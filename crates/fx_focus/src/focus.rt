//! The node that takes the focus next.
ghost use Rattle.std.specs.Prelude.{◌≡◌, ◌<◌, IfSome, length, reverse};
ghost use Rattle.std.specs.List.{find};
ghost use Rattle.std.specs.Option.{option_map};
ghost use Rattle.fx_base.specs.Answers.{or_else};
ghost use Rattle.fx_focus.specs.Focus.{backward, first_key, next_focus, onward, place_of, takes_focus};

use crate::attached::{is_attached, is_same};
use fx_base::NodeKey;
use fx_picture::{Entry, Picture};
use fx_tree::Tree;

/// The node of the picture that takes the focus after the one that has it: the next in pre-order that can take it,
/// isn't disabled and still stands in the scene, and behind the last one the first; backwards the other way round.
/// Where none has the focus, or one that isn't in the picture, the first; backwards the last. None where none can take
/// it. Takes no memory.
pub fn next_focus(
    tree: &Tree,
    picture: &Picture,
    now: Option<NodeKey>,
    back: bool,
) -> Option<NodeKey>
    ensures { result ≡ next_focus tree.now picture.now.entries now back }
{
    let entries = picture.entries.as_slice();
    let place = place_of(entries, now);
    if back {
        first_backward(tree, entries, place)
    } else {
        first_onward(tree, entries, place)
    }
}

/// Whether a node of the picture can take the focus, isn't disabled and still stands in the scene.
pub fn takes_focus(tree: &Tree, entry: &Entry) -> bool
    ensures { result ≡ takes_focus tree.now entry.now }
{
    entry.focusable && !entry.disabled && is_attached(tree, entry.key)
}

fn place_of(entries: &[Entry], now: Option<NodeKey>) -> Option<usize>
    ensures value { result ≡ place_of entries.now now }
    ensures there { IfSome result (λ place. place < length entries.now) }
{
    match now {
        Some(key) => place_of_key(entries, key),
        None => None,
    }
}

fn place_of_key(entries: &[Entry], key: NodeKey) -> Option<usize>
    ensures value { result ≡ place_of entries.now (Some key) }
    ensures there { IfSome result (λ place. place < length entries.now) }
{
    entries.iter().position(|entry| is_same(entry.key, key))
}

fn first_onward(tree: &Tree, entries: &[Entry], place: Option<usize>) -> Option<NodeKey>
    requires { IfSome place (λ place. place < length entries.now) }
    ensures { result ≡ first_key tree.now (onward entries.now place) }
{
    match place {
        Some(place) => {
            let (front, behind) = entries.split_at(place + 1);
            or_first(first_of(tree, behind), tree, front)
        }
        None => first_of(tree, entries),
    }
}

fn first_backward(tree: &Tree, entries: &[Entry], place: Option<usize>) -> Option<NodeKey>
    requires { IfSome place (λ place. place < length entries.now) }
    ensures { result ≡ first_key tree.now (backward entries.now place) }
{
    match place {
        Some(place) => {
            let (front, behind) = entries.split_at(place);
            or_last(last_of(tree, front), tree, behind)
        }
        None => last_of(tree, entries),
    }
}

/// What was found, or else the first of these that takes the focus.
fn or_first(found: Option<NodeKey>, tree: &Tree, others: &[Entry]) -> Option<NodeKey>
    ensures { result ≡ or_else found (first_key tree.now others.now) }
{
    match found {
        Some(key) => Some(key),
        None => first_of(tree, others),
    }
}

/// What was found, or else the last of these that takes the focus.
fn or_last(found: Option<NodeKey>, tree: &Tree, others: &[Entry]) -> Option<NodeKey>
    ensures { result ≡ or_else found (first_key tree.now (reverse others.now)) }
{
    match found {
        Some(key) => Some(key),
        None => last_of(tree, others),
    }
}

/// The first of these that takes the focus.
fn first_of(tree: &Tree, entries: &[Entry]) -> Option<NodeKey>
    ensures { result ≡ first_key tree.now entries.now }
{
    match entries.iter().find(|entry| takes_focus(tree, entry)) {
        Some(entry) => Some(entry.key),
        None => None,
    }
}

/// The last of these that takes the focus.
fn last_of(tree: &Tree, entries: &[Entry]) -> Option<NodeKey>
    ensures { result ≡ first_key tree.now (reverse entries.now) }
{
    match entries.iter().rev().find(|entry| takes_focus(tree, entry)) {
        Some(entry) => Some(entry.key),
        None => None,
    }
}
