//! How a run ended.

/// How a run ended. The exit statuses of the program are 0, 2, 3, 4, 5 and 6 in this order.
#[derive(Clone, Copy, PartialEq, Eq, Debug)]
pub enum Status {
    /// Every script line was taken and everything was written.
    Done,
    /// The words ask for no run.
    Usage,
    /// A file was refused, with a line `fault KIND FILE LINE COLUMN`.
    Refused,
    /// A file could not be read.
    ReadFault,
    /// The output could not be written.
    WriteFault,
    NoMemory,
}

▶ **WHAT TO WORK ON**
Return only the number of lines above that include "disabled".

▶ **EXERCISE SOLUTION**
3